Of course, any other suitable filter may be used to filter out high frequencies. Further, problems related to unknown time delays may be dealt with by other means. As an alternative to the use of Laguerre filters any ortho-normal basic function like for example a Kautz filter may be used.

When an interval is selected, the stretch is saved together with an indicator of its quality. Any available measurement signals for the process can be used and the required prior knowledge about the process is kept at a minimum.

In Fig. 4 plots of relevant signals are shown when a process is exposed to changes in the process input signal u(k) . As seen from the figure, the process output signal y(k) responds to change of the input signal after a time delay. The input signal u(k) is filtered through a cascade of Laguerre filters. In the example six cascaded filters are used and the respective filter outputs Li, L2, L 3 , L 4 , L5 and h are plotted. The time delay of the filtered signals is seen in the figure for each subsequent filter output plot. Next, a plot of the calculated condition number of the matrix R(k) is shown. Last, the calculated

variances of the input signal u(k) and of the output signal y(k) are shown. A time interval of interest is where a change to the input signal causes a process output response. As seen from the figure, the condition number falls steeply after a step change of the input signal, and the variances at the same time

increase. The present method search intervals where each

variance exceeds a threshold value th y and, at the same time, the condition number of R is below a threshold value th c . In the example, the method will thus indicate 1 and 2 as intervals of interest .

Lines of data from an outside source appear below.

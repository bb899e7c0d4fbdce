//! What a session keeps and what follows from it: the configuration, the variables of RFC 5880 section 6.8.1,
//! the quantities that sections 6.8.2 to 6.8.7 derive from them, and the frame in which every rule of an event
//! stands.
//!
//! It stands on `bfd_num` and `bfd_packet`. Variables are plain records, so each quantity and each rule is a
//! function of them, by a definition in `specs/`. It promises that every quantity is its definition, that no
//! sum overflows for sound variables, and that the rules of renewal, which every other rule is followed by,
//! keep variables steady. No call but `Outs::make` and `Outs::take` is refused.
#![tactic(auto)]

mod commands;
mod config;
mod frame;
mod jitter;
mod outputs;
mod quantities;
mod renewal;
mod variables;
mod verdict;

pub use commands::{Cmd, Refusal};
pub use config::{Config, LEAST_INTERVAL, MOST_INTERVAL, Role, is_interval};
pub use frame::{announces, begins, changes, draw, drawn, enters, is_unannounced, sends, stamped};
pub use jitter::pick;
pub use outputs::{Out, Outs};
pub use quantities::{
    SLOW_TX, adv_tx, deadline, demand_here, demand_there, detection_time, is_admin_down, may_send,
    seq_deadline, tx_interval,
};
pub use renewal::renew;
pub use variables::{Mark, Poll, Vars};
pub use verdict::Verdict;
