//! What follows every rule of a point-to-point session (RFC 5880 sections 6.5, 6.6, 6.8.2 and 6.8.3).
ghost use Rattle.std.specs.Prelude.{◌≡◌, ◌<◌, is_some};
ghost use Rattle.bfd_num.specs.Numbers.{moment_bound};
ghost use Rattle.bfd_rules.specs.declared.config.Config.{Config};
ghost use Rattle.bfd_rules.specs.Quantities.{adv_tx as adv_of, demand_here as demand_of};
ghost use Rattle.bfd_rules.specs.Renewal.{poll_again as again_of};
ghost use Rattle.bfd_rules.specs.Renewal as renewal;
ghost use Rattle.bfd_rules.specs.Sound.{IsPlain, IsRenewed, HasPeerMult};

use crate::quantities::is_idle;
use crate::{Poll, Vars, adv_tx, demand_here};
use bfd_packet::State;

/// A change of the advertised Desired Min TX or of Required Min RX needs a Poll Sequence.
#[tactic(auto, unfolding(crate::specs::Renewal::poll_renewed))]
fn poll_renewed(before: &Vars, v: &mut Vars)
    ensures value { v.new ≡ renewal.poll_renewed before.now v.old }
    ensures state { v.new.state ≡ v.old.state }
    ensures heard { is_some v.new.heard ≡ is_some v.old.heard }
    ensures plain { (c : Config) → IsPlain c v.old → IsPlain c v.new }
    ensures peer { HasPeerMult v.old → HasPeerMult v.new }
    ensures idle { adv_of v.old ≡ adv_of before.now → v.old.rx ≡ before.now.rx → v.new ≡ v.old }
{
    if adv_tx(v) != adv_tx(before) || v.rx != before.rx {
        v.poll = Poll::Wanted;
    }
}

/// The intervals in use.
#[tactic(auto, unfolding(crate::specs::Renewal::used_renewed))]
fn used_renewed(v: &mut Vars)
    ensures value { v.new ≡ renewal.used_renewed v.old }
    ensures state { v.new.state ≡ v.old.state }
    ensures heard { is_some v.new.heard ≡ is_some v.old.heard }
    ensures plain { (c : Config) → IsPlain c v.old → IsPlain c v.new }
    ensures peer { HasPeerMult v.old → HasPeerMult v.new }
    ensures renewed { IsRenewed v.new }
    ensures idle { IsRenewed v.old → v.new ≡ v.old }
{
    let idle = is_idle(v.poll);
    let adv = adv_tx(v);
    let settled = !matches!(v.state, State::Up) || idle;
    v.used_tx = if settled { adv } else { v.used_tx.min(adv) };
    v.used_rx = if idle { v.rx } else { v.used_rx.max(v.rx) };
}

/// A running Poll Sequence restarts.
fn poll_again(poll: Poll) -> Poll
    ensures { result ≡ again_of poll }
{
    match poll {
        Poll::Running(_) => Poll::Wanted,
        Poll::Idle | Poll::Wanted => poll,
    }
}

/// Where Demand mode ends here, the Detection Time runs from now on; where it begins here, a poll restarts.
#[tactic(auto, unfolding(crate::specs::Renewal::demand_renewed))]
fn demand_renewed(eff: u64, before: &Vars, v: &mut Vars)
    requires { eff < moment_bound }
    ensures value { v.new ≡ renewal.demand_renewed eff before.now v.old }
    ensures state { v.new.state ≡ v.old.state }
    ensures heard { is_some v.new.heard ≡ is_some v.old.heard }
    ensures plain { (c : Config) → IsPlain c v.old → IsPlain c v.new }
    ensures peer { HasPeerMult v.old → HasPeerMult v.new }
    ensures renewed { IsRenewed v.old → IsRenewed v.new }
    ensures idle { demand_of v.old ≡ demand_of before.now → v.new ≡ v.old }
{
    match (demand_here(before), demand_here(v)) {
        (true, false) => v.heard = v.heard.map(|_| eff),
        (false, true) => v.poll = poll_again(v.poll),
        _ => {}
    }
}

/// Renews the variables `v` that a rule made from the variables `before`, at the effective moment `eff`, in
/// microseconds: a changed interval needs a Poll Sequence (sections 6.5 and 6.8.3), the intervals in use follow, and
/// where Demand mode begins or ends here the poll or the Detection Time restarts (section 6.6).
#[tactic(auto, unfolding(crate::specs::Renewal::renewed))]
pub fn renew(eff: u64, before: &Vars, v: &mut Vars)
    requires { eff < moment_bound }
    ensures value { v.new ≡ renewal.renewed eff before.now v.old }
    ensures state { v.new.state ≡ v.old.state }
    ensures heard { is_some v.new.heard ≡ is_some v.old.heard }
    ensures plain { (c : Config) → IsPlain c v.old → IsPlain c v.new }
    ensures renewed { IsRenewed v.new }
    ensures peer { HasPeerMult v.old → HasPeerMult v.new }
    ensures idle { IsRenewed v.old → adv_of v.old ≡ adv_of before.now → v.old.rx ≡ before.now.rx
        → demand_of v.old ≡ demand_of before.now → v.new ≡ v.old }
{
    poll_renewed(before, v);
    used_renewed(v);
    demand_renewed(eff, before, v);
}
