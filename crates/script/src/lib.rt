// A script of fields: operations of a reading, one after another, as a record of the oracle holds them. Each asks the method of
// the parser that it names.
//
// A script may refuse or stop by any number of 16 bits, also by one that no reading has, and so it comes to an outcome. What comes
// after the operation that ended it is read, and asks nothing.
#![tactic(auto)]

ghost use Rattle.std.specs.Prelude.{◌≡◌, ◌≤◌, IfErr};
ghost use Rattle.rules.specs.Answer.{ended_as};

use parser::Parser;
use rules::{Outcome, Reason};
use std::io::Read;

// The last bit at which a window can end. An end past every input is as good as this one.
const LAST_END: usize = 67108864;

// A code that no operation has.
#[derive(Clone, Copy)]
struct UnknownCode;

// What an operation asks for.
#[derive(Clone, Copy)]
enum Code {
    Take,
    Flag,
    Escaped,
    Payload,
    Label,
    Count,
    SetEnd,
    Refuse,
    Stop,
}

impl TryFrom<u64> for Code {
    type Error = UnknownCode;

    fn try_from(code: u64) -> Result<Code, UnknownCode> {
        match code {
            0 => Ok(Code::Take),
            1 => Ok(Code::Flag),
            2 => Ok(Code::Escaped),
            3 => Ok(Code::Payload),
            4 => Ok(Code::Label),
            5 => Ok(Code::Count),
            6 => Ok(Code::SetEnd),
            7 => Ok(Code::Refuse),
            8 => Ok(Code::Stop),
            _ => Err(UnknownCode),
        }
    }
}

// An operation: its code (1 byte), how often it is repeated (2), three numbers (4 each) and a name word (8).
#[derive(Clone, Copy)]
struct Operation {
    code: Code,
    times: u64,
    numbers: [usize; 3],
    name: u64,
}

// A number of 16 bits, which all numbers of refusals and stops have.
fn short(number: usize) -> u16 {
    number.min(65535) as u16
}

impl Operation {
    // The next one of the input.
    fn next<R: Read>(input: &mut R) -> Result<Operation, UnknownCode> {
        let bytes = record::next_bytes::<23, R>(input);
        let code = Code::try_from(record::number(&bytes[..1]))?;
        Ok(Operation {
            code,
            times: record::number(&bytes[1..3]),
            numbers: [
                record::number(&bytes[3..7]) as usize,
                record::number(&bytes[7..11]) as usize,
                record::number(&bytes[11..15]) as usize,
            ],
            name: record::number(&bytes[15..]),
        })
    }

    // Asks the parser once. What no reading asks for is passed over, and shows as a wrong answer.
    fn step(&self, parser: &mut Parser<'_>) -> Result<(), Outcome>
        ensures { parser.old.fields ≤ 16384 → parser.new.fields ≤ 16384 }
    {
        let name = self.name;
        let [first, second, third] = self.numbers;
        match self.code {
            Code::Take => {
                if first <= 64 {
                    parser.take(name, first)?;
                }
            }
            Code::Flag => {
                parser.flag(name)?;
            }
            Code::Escaped => {
                if first <= 20 && second <= 20 && third <= 20 {
                    parser.escaped(name, [first, second, third])?;
                }
            }
            Code::Payload => parser.passive_bits(name, first)?,
            Code::Label => parser.label(name)?,
            Code::Count => {
                if second <= 4096 {
                    parser.count(first as u64, second as u64)?;
                }
            }
            Code::SetEnd => parser.set_end(first.min(LAST_END))?,
            Code::Refuse => return Err(Outcome::Refused(short(first))),
            Code::Stop => return Err(Outcome::Stopped(short(first))),
        }
        Ok(())
    }

    // Asks as often as it says.
    fn run(&self, parser: &mut Parser<'_>) -> Result<(), Outcome>
        ensures { parser.old.fields ≤ 16384 → parser.new.fields ≤ 16384 }
    {
        for _ in 0..self.times {
            self.step(parser)?;
        }
        Ok(())
    }
}

// The operations of a record, of which there are `n`, on a reading that has begun so, and what it has come to. A reading that has
// ended stays as it is.
pub fn operations<R: Read>(
    input: &mut R,
    parser: &mut Parser<'_>,
    begun: Result<(), Reason>,
    n: usize,
) -> Outcome
    ensures ended { IfErr begun (λ _. parser.new ≡ parser.old) }
    ensures told { IfErr begun (λ _. result ≡ ended_as begun) }
    ensures few { parser.old.fields ≤ 16384 → parser.new.fields ≤ 16384 }
{
    let mut reading = Outcome::from(begun);
    for _ in 0..n {
        if let (Ok(operation), Outcome::Read) = (Operation::next(input), reading) {
            if let Err(outcome) = operation.run(parser) {
                reading = outcome;
            }
        }
    }
    reading
}
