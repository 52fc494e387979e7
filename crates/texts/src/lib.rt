// Numbers, bytes and table records as text.
#![tactic(auto)]

ghost use Rattle.std.specs.Prelude.{[], ◌∷◌, ◌++◌, ◌≡◌, ◌*◌, ◌+◌, ◌<◌, ◌≤◌, length};
ghost use Rattle.arrayvec.specs.ArrayVec.{array_vec_len};
ghost use Rattle.records.specs.Layout.{record_size};
ghost use Rattle.texts.specs.Decimal.{decimal};
ghost use Rattle.texts.specs.Hex.{hex_digit, hex_of};
ghost use Rattle.texts.specs.Lines.{Puts, action_text, line_feed, line_size, tab, word_line};

use arrayvec::ArrayVec;
use records::{ACTION_AT, KEY_SIZE, MASK_AT, NUMBER_AT, RECORD_SIZE};

// No record's line is longer.
pub const LINE_SIZE: usize = 80;

// A line of text, as far as it is written.
pub type Line = ArrayVec<u8, LINE_SIZE>;

// Adds x in decimal, and a tab. That x is below 100,000 is asked here, of `put_decimal`, of `word_line` and of `put_word`, whose
// promise may not change. The room in the line is asked by each that adds to it, another at each, so a type would say it no shorter.
#[tactic(auto, using(std::proofs::lemmas::Grind::common_steps, crate::proofs::Digits::decimal_few, crate::proofs::Digits::decimal_same))]
fn push_number(line: &mut Line, x: u32)
    requires room { array_vec_len line.old + 6 ≤ line_size }
    requires few { x < 100000 }
    ensures text { line.new.items ≡ line.old.items ++ (decimal x ++ (tab ∷ [])) }
    ensures short { array_vec_len line.new ≤ array_vec_len line.old + 6 }
{
    let mut digits = itoa::Buffer::new();
    line.try_extend_from_slice(digits.format(x).as_bytes())
        .unwrap();
    line.push(b'\t');
}

fn hex_digit(d: u8) -> u8
    requires { d < 16 }
    ensures { result ≡ hex_digit d }
{
    b"0123456789ABCDEF"[usize::from(d)]
}

// Adds the bytes of s as two hex digits each, and a tab. (The library's hex that allocates nothing is of lower case only.)
#[tactic(auto, unfolding(crate::specs::Hex::hex_of))]
fn push_hex(line: &mut Line, s: &[u8])
    requires { array_vec_len line.old + (2 * length s.now + 1) ≤ line_size }
    ensures text { line.new.items ≡ line.old.items ++ (hex_of s.now ++ (tab ∷ [])) }
    ensures len { array_vec_len line.new ≡ array_vec_len line.old + (2 * length s.now + 1) }
{
    for byte in s {
        line.push(hex_digit(byte / 16));
        line.push(hex_digit(byte % 16));
    }
    line.push(b'\t');
}

// Adds the word for an action, and ends the line. The byte is a record's own, so it may be none of the four; the last word
// stands for it (`word_line` says so of any record).
fn push_action(line: &mut Line, action: u8)
    requires { array_vec_len line.old + 11 ≤ line_size }
    ensures { line.new.items ≡ line.old.items ++ (action_text action ++ (line_feed ∷ [])) }
{
    let text: &[u8] = match action {
        0 => b"permit",
        1 => b"deny",
        2 => b"permit-log",
        _ => b"deny-log",
    };
    line.try_extend_from_slice(text).unwrap();
    line.push(b'\n');
}

// Writes x in decimal at `at`; the place after it. A place beside the buffer here and below, since what they promise may not change.
#[tactic(auto, using(crate::proofs::Digits::decimal_few, crate::proofs::Digits::decimal_same))]
pub fn put_decimal(t: &mut [u8], at: usize, x: u32) -> usize
    requires room { at + 5 ≤ length t.old }
    requires few { x < 100000 }
    ensures { Puts t.old at (decimal x) result t.new }
{
    let mut digits = itoa::Buffer::new();
    let text = digits.format(x).as_bytes();
    fields::put(t, at, text);
    at + text.len()
}

// Writes the bytes of s as two hex digits each; the place after them.
pub fn put_hex(t: &mut [u8], at: usize, s: &[u8]) -> usize
    requires { at + 2 * length s.now ≤ length t.old }
    ensures { Puts t.old at (hex_of s.now) result t.new }
{
    for (i, byte) in s.iter().enumerate() {
        fields::put(t, at + 2 * i, &[hex_digit(byte / 16), hex_digit(byte % 16)]);
    }
    at + 2 * s.len()
}

// The line of a record, which has this index.
pub fn word_line(index: u32, bytes: &[u8; RECORD_SIZE]) -> Line
    requires { index < 100000 }
    ensures { result.items ≡ word_line index bytes.now }
{
    let mut line = Line::new();
    push_number(&mut line, index);
    push_number(&mut line, u32::from(bytes[NUMBER_AT]));
    push_hex(&mut line, &bytes[..KEY_SIZE]);
    push_hex(&mut line, &bytes[MASK_AT..NUMBER_AT]);
    push_action(&mut line, bytes[ACTION_AT]);
    line
}

// Writes the line of the record at the start of s, which has this index; the place after it. A place beside the buffer, since
// its promise may not change.
#[tactic(auto, using(crate::proofs::FromRecord::line_take))]
pub fn put_word(t: &mut [u8], at: usize, index: u32, s: &[u8]) -> usize
    requires room { at + line_size ≤ length t.old }
    requires few { index < 100000 }
    requires held { record_size ≤ length s.now }
    ensures { Puts t.old at (word_line index s.now) result t.new }
{
    let bytes = s.first_chunk::<RECORD_SIZE>().unwrap();
    let line = word_line(index, bytes);
    fields::put(t, at, line.as_slice());
    at + line.len()
}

The computer program comprises computer program code elements or software code portions that make the computer or processor perform the method using equations, algorithms, data and

calculations previously described, for example in relation to the figures mentioned above. A part of the program may be stored in a processor as above, but also in a ROM, RAM, PROM or EPROM chip or similar memory storage device. The program in part or in whole may also be stored on, or in, other suitable computer readable medium such as a magnetic disk, CD-ROM or DVD disk, hard disk, magneto-optical memory storage means, in volatile memory, in flash memory, as firmware, or stored on a data server. The program in part or in whole may also be stored on, or in, removable memory media such as a USB memory stick, flash drive, or similar.

It should be noted that while the above describes exemplifying embodiments of the invention, there are several variations and modifications which may be made to the disclosed solution without departing from the scope of the present invention as defined in the appended claims.